[Excerpts from a dataset]
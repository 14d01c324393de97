//! Messages are sent, and dropped.

ghost use Rattle.std.specs.Prelude.{◌≡◌, ◌≢◌, ◌∷◌, ◌+◌, [], IfOk, OnErr, OnOk, Some};
ghost use Rattle.journal.specs.declared.entries.JournalEntry.TheVariants as made;
ghost use Rattle.journal.specs.declared.entries.Shown.TheVariants as shown;
ghost use Rattle.journal.specs.declared.events.Event.TheVariants as events;
ghost use Rattle.node_states.specs.Placed.{IsRequestPlaced};
ghost use Rattle.run_laws.specs.Messages.{IsInFlight};
ghost use Rattle.run_laws.specs.Order.{IsSendDue};
ghost use Rattle.run_laws.specs.OrderEvents.{IsFirstAt};
ghost use Rattle.run_words.specs.Askers.{range_asked};
ghost use Rattle.run_words.specs.Clocks.{reading};
ghost use Rattle.run_words.specs.History.{Made};
ghost use Rattle.run_words.specs.Logs.{log_of};
ghost use Rattle.run_words.specs.Messages.{messages};
ghost use Rattle.cluster_state.specs.Tied.{HasMade, IsThere, IsTied, IsUnrecorded, past, the_setup};

use crate::state::State;
use journal::JournalEntry;
use mr_base::{Body, Memory, Message, MsgId, NodeId, Request, TxnId};
use node_states::sent_entry;
use std::alloc::Global;

impl State {
    /// A message in flight is lost.
    pub fn lose_message(&mut self, id: MsgId) -> Result<(), Memory>
        requires tied { IsTied self.old }
        requires flying { IsInFlight (past self.old) id }
        requires line { IsFirstAt (past self.old) (events.Drop id) }
        ensures made { OnOk result (HasMade (Made (made.Dropped id) ∷ []) self.old self.new) }
        ensures err { OnErr result (IsUnrecorded self.old self.new) }
    {
        self.ledger.reserve(1)?;
        let _lost = self.flight.take(id);
        self.ledger.write(JournalEntry::Dropped { id });
        Ok(())
    }

    /// A gateway sends a request of its transaction to another node, and gives the message's number.
    pub fn send(
        &mut self,
        alloc: Global,
        txn: TxnId,
        from: NodeId,
        to: NodeId,
        request: Request,
    ) -> Result<MsgId, Memory>
        requires tied { IsTied self.old }
        requires there { IsThere self.old.stage from }
        requires due { IsSendDue (past self.old) }
        requires placed { IsRequestPlaced (the_setup self.old) (past self.old) from to
            (Some (reading (the_setup self.old) (past self.old) from)) request }
        requires begun { log_of (the_setup self.old) (past self.old) (range_asked request) ≢ [] }
        ensures number { IfOk result (λ id. id.0 ≡ messages (the_setup self.old) (past self.old) + 1) }
        ensures made { IfOk result (λ id. HasMade (Made (made.Sent id from to
            (Some (reading (the_setup self.old) (past self.old) from)) (shown.Request request)) ∷ []) self.old self.new) }
        ensures err { OnErr result (IsUnrecorded self.old self.new) }
    {
        let number = self.sent.checked_add(1).ok_or(Memory)?;
        let gateway = &self.nodes[(from.0 - 1) as usize];
        let message = Message {
            id: MsgId(number),
            from,
            to,
            clock: Some(gateway.clock.reading()),
            txn,
            boot: gateway.boot,
            body: Body::Request(request),
        };
        let entry = sent_entry(alloc, &message)?;
        self.ledger.reserve(1)?;
        self.flight.send(message)?;
        self.sent = number;
        self.ledger.write(entry);
        Ok(MsgId(number))
    }
}
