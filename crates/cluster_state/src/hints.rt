//! What the nodes believe of leases. Nothing rests on it but where requests go; where a node or a range isn't there,
//! nothing is learned.

ghost use Rattle.std.specs.Prelude.{◌≤◌, All, length};
ghost use Rattle.range_replicas.specs.Sound.{IsSound};

use mr_base::{Memory, NodeId, RangeId};
use node_states::Move;
use range_log::{Entry, Lease};
use range_replicas::ReplicatedRange;
use request_routes::{Hint, Hints};

/// A node's replica has applied the entries of a range past `from`, up to `upto`: the leases among them count.
pub fn learn_leases(
    hints: &mut [Hints],
    node: NodeId,
    range: &ReplicatedRange,
    from: u64,
    upto: u64,
)
    requires { upto ≤ length range.now.log.entries }
{
    for index in from..upto {
        if let Entry::Lease(lease) = range.log().entry(index + 1) {
            learn_applied(hints, node, range.number(), *lease);
        }
    }
}

/// A node's replica has applied a lease.
fn learn_applied(hints: &mut [Hints], node: NodeId, range: RangeId, lease: Lease) {
    let node = place(node.0);
    let range = place(range.0);
    if node < hints.len() && range < hints[node].len() {
        hints[node].learn_applied(range, lease);
    }
}

/// A reply has told a gateway of a lease.
pub fn learn_told(hints: &mut [Hints], node: NodeId, range: RangeId, told: Hint) {
    let node = place(node.0);
    let range = place(range.0);
    if node < hints.len() && range < hints[node].len() {
        hints[node].learn_told(range, told);
    }
}

/// A node starts again, with the last lease that its replica of a range has applied, if it has one.
pub fn restart_hint(
    hints: &mut [Hints],
    node: NodeId,
    range: RangeId,
    applied: Option<Lease>,
    first: NodeId,
) {
    let node = place(node.0);
    let range = place(range.0);
    if node < hints.len() && range < hints[node].len() {
        hints[node].restart(range, applied, first);
    }
}

/// A node that starts knows of each range what its own replica has applied, else the first voter.
pub fn restart_hints(hints: &mut [Hints], ranges: &[ReplicatedRange], moving: Move)
    requires { All IsSound ranges.now }
{
    let Move::Start(node) = moving else {
        return;
    };
    for range in ranges {
        if let Some(first) = range.voters().first() {
            restart_hint(hints, node, range.number(), applied_by(range, node), *first);
        }
    }
}

/// The last lease that a node's replica of a range has applied, if it has a replica.
fn applied_by(range: &ReplicatedRange, node: NodeId) -> Option<Lease>
    requires { IsSound range.now }
{
    let place = range.place_of(node)?;
    range.server(place).replica().lease()
}

/// A range begins, with the lease of its first voter.
pub fn add_first(hints: &mut [Hints], first: NodeId) -> Result<(), Memory> {
    for of_node in hints.iter_mut() {
        of_node.add_range(first)?;
    }
    Ok(())
}

/// The node that a node believes to be leaseholder of a range.
pub fn hinted(hints: &[Hints], node: NodeId, range: RangeId) -> Option<NodeId> {
    let node = place(node.0);
    let range = place(range.0);
    if node < hints.len() && range < hints[node].len() {
        return Some(hints[node].at(range).holder);
    }
    None
}

/// The place of a number that is counted from 1.
fn place(number: u32) -> usize {
    (number as usize).wrapping_sub(1)
}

* Brief:
Restate every line of the data above exactly as it was written.

* Reply to the exercise:
repository 14d01c324393de97
//! Messages are sent, and dropped.

ghost use Rattle.std.specs.Prelude.{◌≡◌, ◌≢◌, ◌∷◌, ◌+◌, [], IfOk, OnErr, OnOk, Some};
ghost use Rattle.journal.specs.declared.entries.JournalEntry.TheVariants as made;
ghost use Rattle.journal.specs.declared.entries.Shown.TheVariants as shown;
ghost use Rattle.journal.specs.declared.events.Event.TheVariants as events;
ghost use Rattle.node_states.specs.Placed.{IsRequestPlaced};
ghost use Rattle.run_laws.specs.Messages.{IsInFlight};
ghost use Rattle.run_laws.specs.Order.{IsSendDue};
ghost use Rattle.run_laws.specs.OrderEvents.{IsFirstAt};
ghost use Rattle.run_words.specs.Askers.{range_asked};
ghost use Rattle.run_words.specs.Clocks.{reading};
ghost use Rattle.run_words.specs.History.{Made};
ghost use Rattle.run_words.specs.Logs.{log_of};
ghost use Rattle.run_words.specs.Messages.{messages};
ghost use Rattle.cluster_state.specs.Tied.{HasMade, IsThere, IsTied, IsUnrecorded, past, the_setup};

use crate::state::State;
use journal::JournalEntry;
use mr_base::{Body, Memory, Message, MsgId, NodeId, Request, TxnId};
use node_states::sent_entry;
use std::alloc::Global;

impl State {
    /// A message in flight is lost.
    pub fn lose_message(&mut self, id: MsgId) -> Result<(), Memory>
        requires tied { IsTied self.old }
        requires flying { IsInFlight (past self.old) id }
        requires line { IsFirstAt (past self.old) (events.Drop id) }
        ensures made { OnOk result (HasMade (Made (made.Dropped id) ∷ []) self.old self.new) }
        ensures err { OnErr result (IsUnrecorded self.old self.new) }
    {
        self.ledger.reserve(1)?;
        let _lost = self.flight.take(id);
        self.ledger.write(JournalEntry::Dropped { id });
        Ok(())
    }

    /// A gateway sends a request of its transaction to another node, and gives the message's number.
    pub fn send(
        &mut self,
        alloc: Global,
        txn: TxnId,
        from: NodeId,
        to: NodeId,
        request: Request,
    ) -> Result<MsgId, Memory>
        requires tied { IsTied self.old }
        requires there { IsThere self.old.stage from }
        requires due { IsSendDue (past self.old) }
        requires placed { IsRequestPlaced (the_setup self.old) (past self.old) from to
            (Some (reading (the_setup self.old) (past self.old) from)) request }
        requires begun { log_of (the_setup self.old) (past self.old) (range_asked request) ≢ [] }
        ensures number { IfOk result (λ id. id.0 ≡ messages (the_setup self.old) (past self.old) + 1) }
        ensures made { IfOk result (λ id. HasMade (Made (made.Sent id from to
            (Some (reading (the_setup self.old) (past self.old) from)) (shown.Request request)) ∷ []) self.old self.new) }
        ensures err { OnErr result (IsUnrecorded self.old self.new) }
    {
        let number = self.sent.checked_add(1).ok_or(Memory)?;
        let gateway = &self.nodes[(from.0 - 1) as usize];
        let message = Message {
            id: MsgId(number),
            from,
            to,
            clock: Some(gateway.clock.reading()),
            txn,
            boot: gateway.boot,
            body: Body::Request(request),
        };
        let entry = sent_entry(alloc, &message)?;
        self.ledger.reserve(1)?;
        self.flight.send(message)?;
        self.sent = number;
        self.ledger.write(entry);
        Ok(MsgId(number))
    }
}
filename crates/cluster_state/src/hints.rt
//! What the nodes believe of leases. Nothing rests on it but where requests go; where a node or a range isn't there,
//! nothing is learned.

ghost use Rattle.std.specs.Prelude.{◌≤◌, All, length};
ghost use Rattle.range_replicas.specs.Sound.{IsSound};

use mr_base::{Memory, NodeId, RangeId};
use node_states::Move;
use range_log::{Entry, Lease};
use range_replicas::ReplicatedRange;
use request_routes::{Hint, Hints};

/// A node's replica has applied the entries of a range past `from`, up to `upto`: the leases among them count.
pub fn learn_leases(
    hints: &mut [Hints],
    node: NodeId,
    range: &ReplicatedRange,
    from: u64,
    upto: u64,
)
    requires { upto ≤ length range.now.log.entries }
{
    for index in from..upto {
        if let Entry::Lease(lease) = range.log().entry(index + 1) {
            learn_applied(hints, node, range.number(), *lease);
        }
    }
}

/// A node's replica has applied a lease.
fn learn_applied(hints: &mut [Hints], node: NodeId, range: RangeId, lease: Lease) {
    let node = place(node.0);
    let range = place(range.0);
    if node < hints.len() && range < hints[node].len() {
        hints[node].learn_applied(range, lease);
    }
}

/// A reply has told a gateway of a lease.
pub fn learn_told(hints: &mut [Hints], node: NodeId, range: RangeId, told: Hint) {
    let node = place(node.0);
    let range = place(range.0);
    if node < hints.len() && range < hints[node].len() {
        hints[node].learn_told(range, told);
    }
}

/// A node starts again, with the last lease that its replica of a range has applied, if it has one.
pub fn restart_hint(
    hints: &mut [Hints],
    node: NodeId,
    range: RangeId,
    applied: Option<Lease>,
    first: NodeId,
) {
    let node = place(node.0);
    let range = place(range.0);
    if node < hints.len() && range < hints[node].len() {
        hints[node].restart(range, applied, first);
    }
}

/// A node that starts knows of each range what its own replica has applied, else the first voter.
pub fn restart_hints(hints: &mut [Hints], ranges: &[ReplicatedRange], moving: Move)
    requires { All IsSound ranges.now }
{
    let Move::Start(node) = moving else {
        return;
    };
    for range in ranges {
        if let Some(first) = range.voters().first() {
            restart_hint(hints, node, range.number(), applied_by(range, node), *first);
        }
    }
}

/// The last lease that a node's replica of a range has applied, if it has a replica.
fn applied_by(range: &ReplicatedRange, node: NodeId) -> Option<Lease>
    requires { IsSound range.now }
{
    let place = range.place_of(node)?;
    range.server(place).replica().lease()
}

/// A range begins, with the lease of its first voter.
pub fn add_first(hints: &mut [Hints], first: NodeId) -> Result<(), Memory> {
    for of_node in hints.iter_mut() {
        of_node.add_range(first)?;
    }
    Ok(())
}

/// The node that a node believes to be leaseholder of a range.
pub fn hinted(hints: &[Hints], node: NodeId, range: RangeId) -> Option<NodeId> {
    let node = place(node.0);
    let range = place(range.0);
    if node < hints.len() && range < hints[node].len() {
        return Some(hints[node].at(range).holder);
    }
    None
}

/// The place of a number that is counted from 1.
fn place(number: u32) -> usize {
    (number as usize).wrapping_sub(1)
}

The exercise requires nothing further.